What's nice about this step by step approach is that it generalizes not just to non-square grids, but to multiple dimensions as well! Imagine trying to get from the top of a 3 by 3 by 3 Rubik's cube to the bottom, how do you do that? Well how many ways are there to rewrite
AAABBBCCC
? The logic above would suggest 9! / (3! 3! 3!) = 1,680 unique paths. And you can just derive it by starting from the degenerate case and figuring out how to slice things up!There is no easy way out, you have to rest but you simply can't stop. Your body will rot, your mind too.
PS: song isn't an ode to the grind culture or how to slave away in an office, as lyrics say "you’ve got to work for yourself - Love yourself, feed yourself".
D[A,B] := number of ways to navigate from grid sized AxB = D[A-1,B]+D[A,B-1]
and the aha moment is realising this is just a binomial coefficient.
Give it too long a rest and you have to go back at full blast for weeks on end to hope to ever achieve past performance.
I am very bad at math and have always been in awe of those who can do it well.
On the other side, my Math ability definitely goes down to Calculus and I definitely forgot most about geometry.
This is high school math.
It's true, if you don't activate this area of your brain often, it's easier to brute force the solution and reach for the easy mechanical calculation. I can feel this when I'm refactoring code. Today, I just have Claude do it for me with a few instructions. Each day, I feel a tiny bit more ignorant about the actual framework's APIs, its abstractions, and its rules.
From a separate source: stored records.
//! Rows of one integer or of two.
ghost use Rattle.std.specs.Prelude.{◌≡◌, true, false, [], ◌∷◌};
ghost use Rattle.expr_tree.specs.Tree.{integer};
ghost use Rattle.semantics.specs.Numbers as n;
ghost use Rattle.builtin_names.specs.Named.{names_in};
ghost use Rattle.builtin_names.specs.Results.{Works};

use crate::answers::judged;
use builtin_names::{Fault, Vocabulary, truth};
use expr_tree::{Expr, Exprs, Node};

#[tactic(auto, using(crate::proofs::Judged::zero_steps))]
fn quotient_of(left: i128, right: i128) -> Result<Option<Expr>, Fault>
    ensures { Works (n.quotient (integer left ∷ integer right ∷ [])) result }
{
    if right == 0 {
        return Ok(None);
    }
    judged(int_ops::quotient(left, right))
}

/// `Quotient`.
pub fn row_quotient(items: &Exprs) -> Result<Option<Expr>, Fault>
    ensures { Works (n.quotient items.now) result }
{
    let [left, right] = items.as_slice() else {
        return Ok(None);
    };
    match (left.node(), right.node()) {
        (Node::Int(left), Node::Int(right)) => quotient_of(*left, *right),
        _ => Ok(None),
    }
}

#[tactic(auto, using(crate::proofs::Judged::zero_steps))]
fn modulo_of(left: i128, right: i128) -> Result<Option<Expr>, Fault>
    ensures { Works (n.modulo (integer left ∷ integer right ∷ [])) result }
{
    if right == 0 {
        return Ok(None);
    }
    judged(int_ops::modulo(left, right))
}

/// `Mod`, with the sign of the divisor.
pub fn row_mod(items: &Exprs) -> Result<Option<Expr>, Fault>
    ensures { Works (n.modulo items.now) result }
{
    let [left, right] = items.as_slice() else {
        return Ok(None);
    };
    match (left.node(), right.node()) {
        (Node::Int(left), Node::Int(right)) => modulo_of(*left, *right),
        _ => Ok(None),
    }
}

/// `EvenQ` and `OddQ`: whether the element is an integer that is even, or is not.
fn parity(names: &Vocabulary, even: bool, items: &Exprs) -> Result<Option<Expr>, Fault>
    ensures { Works (n.parity (names_in names.now) even items.now) result }
{
    let [e] = items.as_slice() else {
        return Ok(None);
    };
    match e.node() {
        Node::Int(number) => Ok(Some(truth(names, int_ops::is_even(*number) == even))),
        _ => Ok(Some(truth(names, false))),
    }
}

/// `EvenQ`.
pub fn row_even_q(names: &Vocabulary, items: &Exprs) -> Result<Option<Expr>, Fault>
    ensures { Works (n.parity (names_in names.now) true items.now) result }
{
    parity(names, true, items)
}

/// `OddQ`.
pub fn row_odd_q(names: &Vocabulary, items: &Exprs) -> Result<Option<Expr>, Fault>
    ensures { Works (n.parity (names_in names.now) false items.now) result }
{
    parity(names, false, items)
}

/// `Abs`.
pub fn row_abs(items: &Exprs) -> Result<Option<Expr>, Fault>
    ensures { Works (n.absolute items.now) result }
{
    let [e] = items.as_slice() else {
        return Ok(None);
    };
    match e.node() {
        Node::Int(number) => judged(int_ops::absolute(*number)),
        _ => Ok(None),
    }
}

/// `Sign`.
pub fn row_sign(items: &Exprs) -> Result<Option<Expr>, Fault>
    ensures { Works (n.sign items.now) result }
{
    let [e] = items.as_slice() else {
        return Ok(None);
    };
    match e.node() {
        Node::Int(number) => Ok(Some(Expr::int(int_ops::sign(*number)))),
        _ => Ok(None),
    }
}

fn factorial_of(number: i128) -> Result<Option<Expr>, Fault>
    ensures { Works (n.factorial (integer number ∷ [])) result }
{
    if number < 0 {
        return Ok(None);
    }
    judged(int_ops::factorial(number))
}

/// `Factorial`. That of a negative integer stays.
pub fn row_factorial(items: &Exprs) -> Result<Option<Expr>, Fault>
    ensures { Works (n.factorial items.now) result }
{
    let [e] = items.as_slice() else {
        return Ok(None);
    };
    match e.node() {
        Node::Int(number) => factorial_of(*number),
        _ => Ok(None),
    }
}
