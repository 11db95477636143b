//! The board from which a live session starts: opened or resumed over a workflow and its feeds as far as they have come,
//! and run to the feeds' ends.
#![tactic(auto)]

mod begun;
mod opening;
mod starting;
mod unopened;

pub use opening::open;
pub use unopened::Unopened;
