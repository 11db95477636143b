//! The board over feeds, run to their ends.

ghost use Rattle.std.specs.Prelude.{◌≡◌, ◌≤◌, IfOk, IfErr, length, map, option_map};
ghost use Rattle.std.specs.Arc.{arc_value};
ghost use Rattle.apply_core.specs.Feeds.{AreFed};
ghost use Rattle.live_core.specs.Live.{AreOfSources};
ghost use Rattle.live_core.specs.Source.{bytes_of};
ghost use Rattle.live_opening.specs.Opened.{IsTakenUp};
ghost use Rattle.live_opening.specs.Private.Starting.{HasStarted, IsUnstarted};

use apply_core::{FedBoard, Policy, ResumeFault, RunRefusal};
use filter_rule::Plan;
use live_core::{Live, Source, boards_at_their_ends_run};
use source_feed::Feed;
use std::alloc::Global;
use std::sync::Arc;

/// Why a board over feeds doesn't come to their ends.
#[derive(Drop)]
pub(crate) enum Unstarted {
    /// The checkpoint isn't resumed.
    Checkpoint(ResumeFault),
    /// The streams' run is refused.
    Stream(RunRefusal),
}

/// The board that a checkpoint makes over these feeds, or where there is none one of which nothing is read.
fn board_over<'h>(
    alloc: Global,
    plans: Vec<Arc<Plan>>,
    feeds: Vec<Feed<'h>>,
    checkpoint: Option<&[u8]>,
) -> Result<FedBoard<'h>, Unstarted>
    requires some { 1 ≤ length plans.items }
    requires few { length plans.items ≤ 64 }
    ensures feeds { IfOk result (λ fed. fed.feeds ≡ feeds.entry.items) }
    ensures fed { IfOk result (λ _. AreFed (map arc_value plans.items) feeds.entry.items) }
    ensures taken_up { IfOk result (λ _. IsTakenUp feeds.entry.items (option_map (λ bytes. bytes.now) checkpoint.entry)) }
    ensures refused { IfErr result (IsUnstarted (map arc_value plans.items) feeds.entry.items (option_map (λ bytes. bytes.now) checkpoint.entry)) }
{
    match checkpoint {
        None => match FedBoard::to_be_run(alloc, plans, feeds) {
            Ok(fed) => Ok(fed),
            Err(refusal) => Err(Unstarted::Stream(refusal)),
        },
        Some(bytes) => match FedBoard::resume(alloc, &plans, feeds, bytes) {
            Ok(fed) => Ok(fed),
            Err(fault) => Err(Unstarted::Checkpoint(fault)),
        },
    }
}

/// The board over these feeds at their ends, from that of the checkpoint or from the beginning.
pub(crate) fn start<'h>(
    alloc: Global,
    policy: &Policy,
    plans: Vec<Arc<Plan>>,
    feeds: Vec<Feed<'h>>,
    sources: Vec<Source<'h>>,
    checkpoint: Option<&[u8]>,
) -> Result<Live<'h>, Unstarted>
    requires some { 1 ≤ length plans.items }
    requires few { length plans.items ≤ 64 }
    requires count { length sources.items ≡ length feeds.items }
    requires sources { AreOfSources feeds.items sources.items }
    ensures started { IfOk result (HasStarted feeds.entry.items (map bytes_of sources.entry.items) (option_map (λ bytes. bytes.now) checkpoint.entry)) }
    ensures refused { IfErr result (IsUnstarted (map arc_value plans.items) feeds.entry.items (option_map (λ bytes. bytes.now) checkpoint.entry)) }
{
    let mut fed = board_over(alloc, plans, feeds, checkpoint)?;
    match fed.run(alloc, policy) {
        Err(refusal) => {
            fed.is_fed();
            Err(Unstarted::Stream(refusal))
        }
        Ok(()) => {
            boards_at_their_ends_run();
            fed.is_fed();
            Ok(Live::new(fed, sources))
        }
    }
}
But I still would rather do other things with my time.
As for the problem, luckily for me, this one was easy to derive if you remember factorials, permutations, and remember to account for duplicate patterns
Work out the first few cases by hand (1,2,6,20 in our case) and then look up the sequence on "The On-Line Encyclopedia of Integer Sequences" (OEIS):
https://oeis.org/search?q=1%2C2%2C6%2C20&language=english&go...
At first glance of the question, I had imagined it to be hard but then I read through the solution and other comments to recognize that I had in fact done such a question previously and I had solved it independently during the class if I remember correctly or such classes of problems.
I also agree with the AI and spreadsheets part of thing for what its worth but I can only tell more when I get into job but I have heard such things from my senior brothers.
I feel like there has to be a right balance of complexity though, and for what its worth I think that there are so many other things that one optimizes later on in life with tangential benefits as well with real knowledge about real life use-cases and edge-cases and so much more! I feel like it would be hard to replace with AI as much as (some) people (mostly Marketing) want it to feel so.
I do hope that people don't atrophy their skills though and to solve some coding questions or make projects perhaps as well without LLM by hand if given/having the time. Not everything probably has to be done by the fastest or the most accelerated way as you wouldn't know the destination as it would be found along the way itself. I suppose just like life, so stay safe and have a nice day.